::: AVAILABLE RECORDS :::

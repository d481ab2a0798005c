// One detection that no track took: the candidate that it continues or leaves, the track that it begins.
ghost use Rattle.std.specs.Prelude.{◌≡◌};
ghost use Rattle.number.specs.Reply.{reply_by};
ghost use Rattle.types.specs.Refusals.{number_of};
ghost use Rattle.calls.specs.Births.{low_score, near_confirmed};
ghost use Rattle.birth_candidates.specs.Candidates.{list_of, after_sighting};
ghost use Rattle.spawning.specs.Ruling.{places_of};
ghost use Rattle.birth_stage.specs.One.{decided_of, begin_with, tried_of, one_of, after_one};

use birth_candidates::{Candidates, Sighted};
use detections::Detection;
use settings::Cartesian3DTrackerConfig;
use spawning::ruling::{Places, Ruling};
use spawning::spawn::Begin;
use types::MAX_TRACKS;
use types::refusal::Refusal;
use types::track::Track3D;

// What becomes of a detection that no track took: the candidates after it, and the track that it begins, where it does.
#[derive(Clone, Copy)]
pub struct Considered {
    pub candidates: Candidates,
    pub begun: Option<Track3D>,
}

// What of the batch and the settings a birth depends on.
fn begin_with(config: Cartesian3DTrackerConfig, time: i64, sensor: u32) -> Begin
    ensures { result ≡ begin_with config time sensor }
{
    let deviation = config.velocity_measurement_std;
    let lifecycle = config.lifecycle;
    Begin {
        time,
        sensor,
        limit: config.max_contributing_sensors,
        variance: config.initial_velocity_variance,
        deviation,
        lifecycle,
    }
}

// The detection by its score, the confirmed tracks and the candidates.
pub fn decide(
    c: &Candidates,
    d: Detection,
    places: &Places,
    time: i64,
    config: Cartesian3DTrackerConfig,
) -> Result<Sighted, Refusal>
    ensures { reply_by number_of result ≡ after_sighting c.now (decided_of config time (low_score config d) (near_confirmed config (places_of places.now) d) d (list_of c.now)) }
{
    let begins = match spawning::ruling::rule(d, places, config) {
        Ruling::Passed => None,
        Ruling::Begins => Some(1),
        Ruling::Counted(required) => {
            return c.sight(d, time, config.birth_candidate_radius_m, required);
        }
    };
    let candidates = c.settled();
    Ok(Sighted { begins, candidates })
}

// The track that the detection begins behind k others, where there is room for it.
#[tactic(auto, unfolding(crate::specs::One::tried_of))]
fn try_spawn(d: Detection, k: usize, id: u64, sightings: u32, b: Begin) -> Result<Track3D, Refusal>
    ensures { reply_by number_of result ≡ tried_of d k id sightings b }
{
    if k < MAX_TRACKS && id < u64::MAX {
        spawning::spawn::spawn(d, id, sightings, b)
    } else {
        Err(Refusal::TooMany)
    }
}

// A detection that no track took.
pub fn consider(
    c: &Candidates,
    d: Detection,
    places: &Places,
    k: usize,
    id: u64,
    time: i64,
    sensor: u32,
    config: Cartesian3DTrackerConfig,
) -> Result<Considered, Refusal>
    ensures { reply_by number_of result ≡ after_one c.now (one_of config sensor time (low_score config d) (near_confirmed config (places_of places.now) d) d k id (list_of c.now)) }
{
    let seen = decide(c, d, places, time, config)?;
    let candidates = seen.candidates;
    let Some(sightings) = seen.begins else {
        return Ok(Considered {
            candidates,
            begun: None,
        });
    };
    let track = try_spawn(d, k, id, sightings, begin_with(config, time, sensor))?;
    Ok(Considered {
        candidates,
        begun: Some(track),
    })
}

:::

What is needed is each line from the records with the word "sightings" in it.

fn try_spawn(d: Detection, k: usize, id: u64, sightings: u32, b: Begin) -> Result<Track3D, Refusal>
    ensures { reply_by number_of result ≡ tried_of d k id sightings b }
        spawning::spawn::spawn(d, id, sightings, b)
    let Some(sightings) = seen.begins else {
    let track = try_spawn(d, k, id, sightings, begin_with(config, time, sensor))?;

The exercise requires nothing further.